• [Prompt]: The answer is the number of lines in the data that contain the word "says"; give it alone.

Collected data entries:
▼

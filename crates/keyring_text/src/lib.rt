//! The fields of keyring files (GNOME keyring file format): numbers, times, strings and texts are
//! read from the left and written. A reader returns the value and the bytes after it, or the first
//! fault; its one clause says that it returns what a function on lists does (`specs/FieldReading.antt`).
//! Laws in both directions tie that function to the forms as sets of whole texts
//! (`specs/Fields.antt`, `specs/Forms.antt`). Callers may rely on these: readers without an
//! allocator among their arguments take no memory, and `slice_at` borrows a string in place.
#![tactic(auto)]

mod fault;
mod fields;
mod writing;

pub use fault::{FieldFault, ReadRefused};
pub use fields::{known_bytes, name_at, number_at, slice_at, span_at, string_at, text_at, time_at};
pub use writing::{put_number, put_string, put_time};
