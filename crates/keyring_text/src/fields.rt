ghost use Rattle.std.specs.Prelude.{◌≡◌, List, ℕ, length, option_map, IfOk, Some, None, if◌then◌else◌};
ghost use Rattle.keyring_text.specs.Fields.{IsBytes};
ghost use Rattle.keyring_text.specs.FieldReading as reading;
ghost use Rattle.keyring_text.specs.FieldReading.{Gives, is_text};

use crate::{FieldFault, ReadRefused};
use kr_base::{Bytes, OutOfMemory, Text};
use std::alloc::Global;

/// A law, stated by the contract: what the type of bytes guarantees. The call does nothing.
pub fn known_bytes(_bytes: &[u8])
    ensures { IsBytes _bytes.now }
{}

/// The next `len` bytes, and those after them. `Short` if there are fewer.
pub fn span_at(bytes: &[u8], len: usize) -> Result<(&[u8], &[u8]), ReadRefused<FieldFault>>
    ensures read { Gives (λ x. (x.0.now, x.1.now)) result (reading.span_at len bytes.now) }
    ensures length { IfOk result (λ x. length x.0.now ≡ len) }
{
    if bytes.len() < len {
        return Err(ReadRefused::Fault(FieldFault::Short));
    }
    Ok(bytes.split_at(len))
}

/// A number, and the bytes after it. `Short` if there are fewer than four bytes.
#[tactic(auto, unfolding(crate::specs::FieldReading::number_at, crate::specs::Fields::number_of))]
pub fn number_at(bytes: &[u8]) -> Result<(u32, &[u8]), ReadRefused<FieldFault>>
    ensures { Gives (λ x. (x.0, x.1.now)) result (reading.number_at bytes.now) }
{
    if bytes.len() < 4 {
        return Err(ReadRefused::Fault(FieldFault::Short));
    }
    let (front, rest) = bytes.split_at(4);
    let number = u32::from_be_bytes([front[0], front[1], front[2], front[3]]);
    Ok((number, rest))
}

/// A time in seconds since 1970, and the bytes after it. `Short` if there are fewer than eight bytes.
#[tactic(auto, unfolding(crate::specs::FieldReading::time_at, crate::specs::Fields::time_of))]
pub fn time_at(bytes: &[u8]) -> Result<(u64, &[u8]), ReadRefused<FieldFault>>
    ensures { Gives (λ x. (x.0, x.1.now)) result (reading.time_at bytes.now) }
{
    if bytes.len() < 8 {
        return Err(ReadRefused::Fault(FieldFault::Short));
    }
    let (front, rest) = bytes.split_at(8);
    let seconds = u64::from_be_bytes([
        front[0], front[1], front[2], front[3], front[4], front[5], front[6], front[7],
    ]);
    Ok((seconds, rest))
}

/// The bytes of a string, borrowed, and those after it. An absent string is read as no bytes.
#[tactic(auto, unfolding(crate::specs::FieldReading::string_at))]
pub fn slice_at(bytes: &[u8]) -> Result<(&[u8], &[u8]), ReadRefused<FieldFault>>
    ensures { Gives (λ x. (x.0.now, x.1.now)) result (reading.string_at bytes.now) }
{
    let (len, rest) = number_at(bytes)?;
    if len == u32::MAX {
        return Ok((&[], rest));
    }
    span_at(rest, len as usize)
}

/// A string of any bytes, and the bytes after it.
pub fn string_at(alloc: Global, bytes: &[u8]) -> Result<(Bytes, &[u8]), ReadRefused<FieldFault>>
    ensures { Gives (λ x. (x.0, x.1.now)) result (reading.string_at bytes.now) }
{
    let (found, rest) = slice_at(bytes)?;
    Ok((Bytes::from_slice(alloc, found)?, rest))
}

/// A copy of the bytes as a text. None if they aren't UTF-8 or contain a zero byte; no memory
/// is taken then.
#[tactic(auto, unfolding(crate::specs::FieldReading::is_text))]
fn text_of(alloc: Global, bytes: &[u8]) -> Result<Option<Text>, OutOfMemory>
    ensures { IfOk result (λ t. t ≡ (if is_text bytes.now then Some bytes.now else None)) }
{
    match std::str::from_utf8(bytes) {
        Ok(text) => Text::from_str(alloc, text),
        Err(_) => Ok(None),
    }
}

/// A text, its bytes as they are in the file, and the bytes after it. `BadText` if the string is
/// complete but isn't a text.
#[tactic(auto, unfolding(crate::specs::FieldReading::text_at))]
pub fn name_at(alloc: Global, bytes: &[u8]) -> Result<(Text, &[u8], &[u8]), ReadRefused<FieldFault>>
    ensures text { Gives (λ x. (x.0, x.2.now)) result (reading.text_at bytes.now) }
    ensures bytes { IfOk result (λ x. x.1.now ≡ x.0) }
{
    let (found, rest) = slice_at(bytes)?;
    match text_of(alloc, found)? {
        Some(text) => Ok((text, found, rest)),
        None => Err(ReadRefused::Fault(FieldFault::BadText)),
    }
}

/// A text, and the bytes after it. `BadText` if the string is complete but isn't a text.
pub fn text_at(alloc: Global, bytes: &[u8]) -> Result<(Text, &[u8]), ReadRefused<FieldFault>>
    ensures { Gives (λ x. (x.0, x.1.now)) result (reading.text_at bytes.now) }
{
    let (text, _, rest) = name_at(alloc, bytes)?;
    Ok((text, rest))
}
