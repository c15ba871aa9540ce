ghost use Rattle.std.specs.Prelude.{◌≡◌};
ghost use Rattle.keyring_text.specs.declared.fault.ReadRefused.TheVariants.{OutOfMemory};

use std::alloc::{AllocError, AllocFailed};

/// What may be wrong with the fields of a keyring file.
#[derive(Clone, Copy, PartialEq, Eq)]
pub enum FieldFault {
    /// A field goes past the end.
    Short,
    /// A text isn't UTF-8, or contains a zero byte.
    BadText,
    /// A kind is neither 0 nor 1.
    BadKind,
    /// A name occurs twice among the attributes of one item.
    DuplicateName,
}

/// Why bytes weren't read: the first fault from the left, or lack of memory.
#[derive(Clone, Copy, Drop, PartialEq, Eq)]
pub enum ReadRefused<F> {
    /// The fault that was found.
    Fault(F),
    /// No memory was left.
    OutOfMemory,
}

impl<F> From<AllocError> for ReadRefused<F> {
    ghost from_gives = { λ _ e. e ≡ OutOfMemory };

    fn from(_error: AllocError) -> ReadRefused<F> {
        ReadRefused::OutOfMemory
    }
}

impl<F, T: Drop> From<AllocFailed<T>> for ReadRefused<F> {
    ghost from_gives = { λ _ e. e ≡ OutOfMemory };

    fn from(_error: AllocFailed<T>) -> ReadRefused<F> {
        ReadRefused::OutOfMemory
    }
}
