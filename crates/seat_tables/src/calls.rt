// The calls on a table. Each call with a seat but `close` makes one step, which the seat's view notes.
ghost use Rattle.std.specs.Prelude.{◌≡◌, ◌↔◌, ℕ, ◌+◌, ◌<◌, ◌≤◌, [], ◌∷◌, length, max, slice_index, Some, None, Contains, IsSome, IfSome, IfOk};
ghost use Rattle.race_core.specs.Codes.{code};
ghost use Rattle.race_core.specs.Events.{loaded, filled, looked, offered, parted, merged, fresh};
ghost use Rattle.race_core.specs.Sound.{Sound, IsFilled};
ghost use Rattle.seat_tables.specs.Seats.{IsOf, OneStep, AtLeast, StillSees, WithAllSound};

use crate::closed::Closed;
use crate::plays::{Glue, Halves, Loads, Looks, Offers, Parts, Puts};
use crate::shared::{Seat, Shared};
use action_table::WantMemory;
use atomic_table::Table;
use race_core::{Entry, Truth, quality_of_mark};
use std::alloc::Global;

impl<T: Truth> Shared<T> {
    /// A table of empty words, and its first seat, which has made no step.
    pub fn new(alloc: Global, truth: T) -> Result<(Shared<T>, Seat<T>), WantMemory>
        ensures { IfOk result (λ made. (made.0.truth ≡ truth) × IsOf made.0 made.1 × (made.1.view ≡ fresh truth)) }
    {
        let words = vec![in alloc; 0u64; truth.size() + 1]?;
        let (table, token) = Table::of_words(alloc, words.as_slice(), &truth)?;
        Ok((Shared { table, truth }, Seat { token, number: 0 }))
    }

    /// The truth that the table was made with.
    pub fn truth(&self) -> T
        ensures { result ≡ self.now.truth }
    {
        self.truth
    }

    /// Reads the word of an index, which is below the truth's size: the truth's entry, or None exactly where the word
    /// is still empty. Never None where the seat has seen the index.
    pub fn load(&self, seat: &mut Seat<T>, index: usize) -> Option<Entry>
        requires of { IsOf self.now seat.old }
        requires inside { index < T.size self.now.truth }
        ensures of { IsOf self.now seat.new }
        ensures step { OneStep (index + 1) (loaded index) seat.old.view seat.new.view }
        ensures empty { (result ≡ None) ↔ (seat.new.view.last ≡ Some (index + 1, 0)) }
        ensures word { IfSome result (λ entry. seat.new.view.last ≡ Some (index + 1, code entry)) }
        ensures seen { IfSome result (λ entry. (entry ≡ T.entry self.now.truth index) × Contains seat.new.view.seen index) }
        ensures kept { Contains seat.old.view.seen index → IsSome result }
        ensures still { StillSees seat.old.view seat.new.view }
        ensures floor { seat.new.view.floor ≡ seat.old.view.floor }
    {
        let steps = &self.table.shared;
        let word = steps.load::<Loads<T>>(&mut seat.token, index + 1);
        Entry::from_word(word)
    }

    /// Fills the word of an index, which is below the truth's size, with the truth's entry, where it is still empty.
    /// The seat has then seen the index: as long as the words are sound, its word says the entry.
    pub fn put(&self, seat: &mut Seat<T>, index: usize, entry: Entry)
        requires of { IsOf self.now seat.old }
        requires inside { index < T.size self.now.truth }
        requires entry { entry ≡ T.entry self.now.truth index }
        ensures of { IsOf self.now seat.new }
        ensures step { OneStep (index + 1) (filled index) seat.old.view seat.new.view }
        ensures word { WithAllSound T.size T.entry T.reached self.now.truth seat.new.view (λ words.
            slice_index words (index + 1) ≡ code entry) }
        ensures seen { Contains seat.new.view.seen index }
        ensures still { StillSees seat.old.view seat.new.view }
        ensures floor { seat.new.view.floor ≡ seat.old.view.floor }
    {
        let new = entry.to_word();
        let steps = &self.table.shared;
        steps.compare_exchange::<Puts<T>>(&mut seat.token, index + 1, 0, new);
    }

    /// Reads the mark: the greatest quality offered so far, which becomes the seat's floor, or None exactly where
    /// nothing was offered. Never below the seat's old floor.
    pub fn see(&self, seat: &mut Seat<T>) -> Option<u32>
        requires { IsOf self.now seat.old }
        ensures of { IsOf self.now seat.new }
        ensures step { OneStep 0 looked seat.old.view seat.new.view }
        ensures empty { (result ≡ None) ↔ (seat.new.view.last ≡ Some (0, 0)) }
        ensures word { IfSome result (λ q. seat.new.view.last ≡ Some (0, 1 + q)) }
        ensures reached { IfSome result (T.reached self.now.truth) }
        ensures kept { AtLeast result seat.old.view.floor }
        ensures floor { seat.new.view.floor ≡ result }
        ensures still { StillSees seat.old.view seat.new.view }
    {
        let steps = &self.table.shared;
        let mark = steps.load::<Looks<T>>(&mut seat.token, 0);
        quality_of_mark(mark)
    }

    /// Raises the mark to a reached quality, where it is lower. The seat's floor is then the mark's quality: as long
    /// as the words are sound, the mark is at least the greater of the two.
    pub fn offer(&self, seat: &mut Seat<T>, quality: u32)
        requires of { IsOf self.now seat.old }
        requires reached { T.reached self.now.truth quality }
        ensures of { IsOf self.now seat.new }
        ensures step { OneStep 0 (offered (1 + quality)) seat.old.view seat.new.view }
        ensures mark { (found : ℕ) → seat.new.view.last ≡ Some (0, found) →
            WithAllSound T.size T.entry T.reached self.now.truth seat.new.view (λ words. max found (1 + quality) ≤ slice_index words 0) }
        ensures floor { (q : ℕ) × (seat.new.view.floor ≡ Some q) × T.reached self.now.truth q × (quality ≤ q) }
        ensures kept { AtLeast seat.new.view.floor seat.old.view.floor }
        ensures still { StillSees seat.old.view seat.new.view }
    {
        let mark = 1 + u64::from(quality);
        let steps = &self.table.shared;
        steps.fetch_max::<Offers<T>>(&mut seat.token, 0, mark);
    }

    /// A new seat that has seen the same indices. The floor of both becomes the mark's quality.
    pub fn split(&self, seat: &mut Seat<T>) -> Seat<T>
        requires { IsOf self.now seat.old }
        ensures of { IsOf self.now seat.new × IsOf self.now result }
        ensures step { OneStep 0 parted seat.old.view seat.new.view }
        ensures same { result.view ≡ seat.new.view }
        ensures reached { IfSome seat.new.view.floor (T.reached self.now.truth) }
        ensures kept { AtLeast seat.new.view.floor seat.old.view.floor }
        ensures still { StillSees seat.old.view seat.new.view × StillSees seat.old.view result.view }
    {
        let steps = &self.table.shared;
        steps.load::<Parts<T>>(&mut seat.token, 0);
        let token = steps.split_seat::<Halves>(&mut seat.token);
        Seat { token, number: 0 }
    }

    /// Takes the second seat in: the first has then seen what both had seen, and its floor is the mark's quality.
    pub fn join(&self, into: &mut Seat<T>, from: Seat<T>)
        requires into { IsOf self.now into.old }
        requires from { IsOf self.now from }
        ensures of { IsOf self.now into.new }
        ensures step { OneStep 0 (λ found view. merged found view from.view) into.old.view into.new.view }
        ensures reached { IfSome into.new.view.floor (T.reached self.now.truth) }
        ensures kept { AtLeast into.new.view.floor into.old.view.floor × AtLeast into.new.view.floor from.view.floor }
        ensures still { StillSees into.old.view into.new.view × StillSees from.view into.new.view }
    {
        let steps = &self.table.shared;
        let Seat { token, number: _ } = from;
        steps.join_seat::<Glue>(&mut into.token, token);
        steps.load::<Parts<T>>(&mut into.token, 0);
    }

    /// Ends the table: its words, in which each index that the seat has seen is filled.
    pub fn close(self, seat: Seat<T>) -> Closed
        requires { IsOf self seat }
        ensures sound { Sound T.size T.entry T.reached self.truth result (seat.view ∷ []) }
        ensures seen { (index : ℕ) → Contains seat.view.seen index → IsFilled result index }
    {
        let Shared { table, truth: _ } = self;
        let Seat { token, number: _ } = seat;
        Closed {
            rows: table.close_with(token),
        }
    }
}

impl Closed {
    /// The word of a place, which is below the number of words: the mark at 0, the word of index i at i + 1.
    pub fn word(&self, place: usize) -> u64
        requires { place < length self.now }
        ensures { result ≡ slice_index self.now place }
    {
        self.rows.word(place)
    }
}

▲

• [Exercise result]: 2